There is a need for a method for identification of bioagents which is both specific and rapid, and in which no culture or nucleic acid sequencing is required. Disclosed in U.S. Pre-Grant Publication Nos. 2003-0027135, 2003-0082539, 2003-0228571, 2004-0209260, 2004-0219517 and 2004-0180328, and in U.S. application Ser. Nos. 10/660,997, 10/728,486, 10/754,415 and 10/829,826, all of which are commonly owned and incorporated herein by reference in their entirety, are methods for identification of bioagents (any organism, cell, or virus, living or dead, or a nucleic acid derived from such an organism, cell or virus) in an unbiased manner by molecular mass and base composition analysis of “bioagent identifying amplicons” which are obtained by amplification of segments of essential and conserved genes which are involved in, for example, translation, replication, recombination and repair, transcription, nucleotide metabolism, amino acid metabolism, lipid metabolism, energy generation, uptake, secretion and the like. Examples of these proteins include, but are not limited to, ribosomal RNAs, ribosomal proteins, DNA and RNA polymerases, RNA-dependent RNA polymerases, RNA capping and methylation enzymes, elongation factors, tRNA synthetases, protein chain initiation factors, heat shock protein groEL, phosphoglycerate kinase, NADH dehydrogenase, DNA ligases, DNA gyrases and DNA topoisomerases, helicases, metabolic enzymes, and the like.

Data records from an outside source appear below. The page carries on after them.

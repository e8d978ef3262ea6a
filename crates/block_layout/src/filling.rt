ghost use Rattle.std.specs.Prelude.{◌≡◌, ◌≤◌, ◌+◌, ◌&&◌, ◌∷◌, ◌++◌, [], IfOk, length, nat_eq};
ghost use Rattle.std.specs.List.{flat_map, fold, slice_get};
ghost use Rattle.block_layout.specs.InitialBytes.{
  cell_writes,
  element_starts,
  initial_bytes,
  length_at,
  preset_values,
  bytes_with_write,
  setting_write,
  setting_writes,
  settings_at,
  structure_writes,
  type_writes,
  writes_at,
  writes_from,
};
ghost use Rattle.block_layout.specs.Paths.{folded_path, structure_of, path_end_in_data_block};
ghost use Rattle.block_layout.specs.Sizes.{elements_of, plain_bits, largest_size};

use crate::blocks::BlockLayout;
use crate::bytes::{put, put_values};
use crate::cells::{Cell, Element};
use crate::constants::bits_of;
use crate::layouts::{behind, numbers_behind};
use crate::measures::ROUNDS;
use crate::path_ends::{PathEnd, layout_at};
use crate::paths::Path;
use crate::routes::{elementary_at, structure_of, walk_data};
use crate::sizes::{array_bits, end_behind_cell};
use crate::starts::{component_starts, element_starts, filled_starts, preset_values};
use std::alloc::{AllocError, Global};
use stl_ast::{Block, Setting, Simple};

/// Whether a cell is a sound component at this level.
fn is_component(cell: &Cell, level: u64) -> bool
    ensures { result ≡ (cell.now.sound && nat_eq cell.now.level level) }
{
    cell.sound && cell.level as u64 == level
}

/// Writes the initial values of a component of an elementary type, or of an array of one, that
/// begins at each of these places.
fn put_plain(
    alloc: Global,
    bytes: &mut [u8],
    kind: Simple,
    cell: &Cell,
    element: u64,
    starts: &[u64],
) -> Result<(), AllocError>
    requires { element ≤ largest_size }
    ensures { IfOk result (λ _. bytes.new ≡ fold bytes_with_write bytes.old (flat_map
        (λ s. writes_at (plain_bits kind) (element_starts cell.now.bounds element (s ∷ []))
        (preset_values cell.now.presets)) starts.now)) }
{
    let values = preset_values(alloc, cell.presets.as_slice())?;
    for start in starts {
        let offsets = element_starts(alloc, cell.bounds.as_slice(), element, &[*start])?;
        put_values(bytes, kind, offsets.as_slice(), values.as_slice());
    }
    Ok(())
}

/// Writes the initial values of a cell, if it is a sound component at this level, of structures
/// that begin at these places. `behind` has the cells behind it, and `elements` the bits of an
/// element of each of those.
#[cycle(filling)]
fn put_cell(
    alloc: Global,
    layouts: &[BlockLayout],
    bytes: &mut [u8],
    depth: u32,
    cell: &Cell,
    element: u64,
    behind: &[Cell],
    elements: &[u64],
    level: u64,
    at: u64,
    starts: &[u64],
) -> Result<(), AllocError>
    requires element { element ≤ largest_size }
    requires elements { elements.now ≡ elements_of behind.now }
    requires near { at ≤ largest_size }
    ensures { IfOk result (λ _. bytes.new ≡ fold bytes_with_write bytes.old (cell_writes
        (λ inner. writes_from (type_writes layouts.now depth) (cell.now.level + 1) inner 0
        behind.now) (type_writes layouts.now depth) level at starts.now cell.now element)) }
{
    if !is_component(cell, level) {
        return Ok(());
    }
    let begun = component_starts(alloc, at, cell, starts)?;
    match cell.of {
        Element::Plain { kind } => {
            put_plain(alloc, bytes, kind, cell, element, begun.as_slice())
        }
        Element::Structure => {
            let inner = filled_starts(alloc, cell.bounds.as_slice(), element, begun.as_slice())?;
            put_from(
                alloc,
                layouts,
                bytes,
                depth,
                behind,
                elements,
                cell.level as u64 + 1,
                inner.as_slice(),
            )
        }
        Element::Udt { block, .. } => {
            let inner = filled_starts(alloc, cell.bounds.as_slice(), element, begun.as_slice())?;
            put_type(alloc, layouts, bytes, depth, block, inner.as_slice())
        }
        _ => Ok(()),
    }
}

/// Writes the initial values of the components at a level, of structures that begin at these
/// places.
#[cycle(filling)]
fn put_from(
    alloc: Global,
    layouts: &[BlockLayout],
    bytes: &mut [u8],
    depth: u32,
    cells: &[Cell],
    elements: &[u64],
    level: u64,
    starts: &[u64],
) -> Result<(), AllocError>
    requires { elements.now ≡ elements_of cells.now }
    ensures { IfOk result (λ _. bytes.new ≡ fold bytes_with_write bytes.old
        (writes_from (type_writes layouts.now depth) level starts.now 0 cells.now)) }
{
    let mut at = 0;
    for i in 0..cells.len() {
        let cell = &cells[i];
        if (cell.level as u64) < level {
            return Ok(());
        }
        put_cell(
            alloc,
            layouts,
            bytes,
            depth,
            cell,
            elements[i],
            behind(cells, i + 1),
            numbers_behind(elements, i + 1),
            level,
            at,
            starts,
        )?;
        let bits = array_bits(cell.bounds.as_slice(), elements[i]);
        at = end_behind_cell(at, cell, bits, level);
    }
    Ok(())
}

/// Writes the initial values of structures of a block that begin at these places.
#[cycle(filling)]
fn put_type(
    alloc: Global,
    layouts: &[BlockLayout],
    bytes: &mut [u8],
    depth: u32,
    block: usize,
    starts: &[u64],
) -> Result<(), AllocError>
    ensures { IfOk result (λ _. bytes.new
        ≡ fold bytes_with_write bytes.old (type_writes layouts.now depth block starts.now)) }
{
    if depth == 0 {
        return Ok(());
    }
    let Some(layout) = layout_at(layouts, block, false) else {
        return Ok(());
    };
    put_from(
        alloc,
        layouts,
        bytes,
        depth - 1,
        layout.cells(),
        layout.elements(),
        0,
        starts,
    )?;
    Ok(())
}

/// Writes the initial values of the structure of a data block.
fn put_structure(
    alloc: Global,
    layouts: &[BlockLayout],
    block: usize,
    bytes: &mut [u8],
) -> Result<(), AllocError>
    ensures { IfOk result (λ _. bytes.new
        ≡ fold bytes_with_write bytes.old
        (structure_writes layouts.now (structure_of layouts.now block))) }
{
    match structure_of(layouts, block) {
        None => Ok(()),
        Some(shape) => put_type(alloc, layouts, bytes, ROUNDS, shape, &[0]),
    }
}

fn put_setting(
    alloc: Global,
    layouts: &[BlockLayout],
    block: usize,
    setting: &Setting,
    bytes: &mut [u8],
) -> Result<(), AllocError>
    ensures { IfOk result (λ _. bytes.new
        ≡ fold bytes_with_write bytes.old (setting_write layouts.now
        setting.now.value
        (path_end_in_data_block layouts.now block (folded_path setting.now.path)))) }
{
    let path = Path::new(alloc, setting.path.as_slice())?;
    match walk_data(layouts, block, path.steps()) {
        PathEnd::Reaches { component } => {
            if let Some(kind) = elementary_at(layouts, component) {
                put(bytes, kind, component.offset, bits_of(&setting.value));
            }
            Ok(())
        }
        _ => Ok(()),
    }
}

/// Writes the settings of a data block.
fn put_settings(
    alloc: Global,
    layouts: &[BlockLayout],
    block: usize,
    settings: &[Setting],
    bytes: &mut [u8],
) -> Result<(), AllocError>
    ensures { IfOk result (λ _. bytes.new
        ≡ fold bytes_with_write bytes.old (setting_writes layouts.now block settings.now)) }
{
    for setting in settings {
        put_setting(alloc, layouts, block, setting, bytes)?;
    }
    Ok(())
}

fn length_at(layouts: &[BlockLayout], block: usize) -> u64
    ensures { result ≡ length_at (slice_get layouts.now block) }
{
    match layouts.get(block) {
        None => 0,
        Some(found) => found.length,
    }
}

fn settings_at(blocks: &[Block], block: usize) -> &[Setting]
    ensures { result.now ≡ settings_at (slice_get blocks.now block) }
{
    match blocks.get(block) {
        None => &[],
        Some(found) => found.settings.as_slice(),
    }
}

/// Writes the initial values of a data block and then its settings.
fn put_all(
    alloc: Global,
    layouts: &[BlockLayout],
    blocks: &[Block],
    block: usize,
    bytes: &mut [u8],
) -> Result<(), AllocError>
    ensures { IfOk result (λ _. bytes.new ≡ fold bytes_with_write bytes.old
        (structure_writes layouts.now (structure_of layouts.now block)
        ++ setting_writes layouts.now block (settings_at (slice_get blocks.now block)))) }
{
    put_structure(alloc, layouts, block, bytes)?;
    put_settings(alloc, layouts, block, settings_at(blocks, block), bytes)?;
    Ok(())
}

/// The initial bytes of the data block at this place in the source.
pub(crate) fn initial_bytes(
    alloc: Global,
    layouts: &[BlockLayout],
    blocks: &[Block],
    block: usize,
) -> Result<Vec<u8>, AllocError>
    ensures value { IfOk result (λ v. v.items ≡ initial_bytes layouts.now blocks.now block) }
    ensures len { IfOk result (λ v. length v.items ≡ length_at (slice_get layouts.now block)) }
{
    let len = length_at(layouts, block) as usize;
    let mut bytes = vec![in alloc; 0; len]?;
    put_all(alloc, layouts, blocks, block, bytes.as_mut_slice())?;
    Ok(bytes)
}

To obtain bioagent identifying amplicons, primers are selected to hybridize to conserved sequence regions which bracket variable sequence regions to yield a segment of nucleic acid which can be amplified and which is amenable to methods of molecular mass analysis. The variable sequence regions provide the variability of molecular mass which is used for bioagent identification. Upon amplification by PCR or other amplification methods with the specifically chosen primers, an amplification product that represents a bioagent identifying amplicon is obtained. The molecular mass of the amplification product, obtained by mass spectrometry for example, provides the means to uniquely identify the bioagent without a requirement for prior knowledge of the possible identity of the bioagent. The molecular mass of the amplification product or the corresponding base composition (which can be calculated from the molecular mass of the amplification product) is compared with a database of molecular masses or base compositions and a match indicates the identity of the bioagent. Furthermore, the method can be applied to rapid parallel analyses (for example, in a multi-well plate format) the results of which can be employed in a triangulation identification strategy which is amenable to rapid throughput and does not require nucleic acid sequencing of the amplified target sequence for bioagent identification.
The result of determination of a previously unknown base composition of a previously unknown bioagent (for example, a newly evolved and heretofore unobserved virus) has downstream utility by providing new bioagent indexing information with which to populate base composition databases. The process of subsequent bioagent identification analyses is thus greatly improved as more base composition data for bioagent identifying amplicons becomes available.
The present invention provides methods of identifying unknown viruses, including viruses of the Togaviridae family and alphavirus genus. Also provided are oligonucleotide primers, compositions and kits containing the oligonucleotide primers, which define alphaviral identifying amplicons and, upon amplification, produce corresponding amplification products whose molecular masses provide the means to identify alphaviruses at the sub-species level.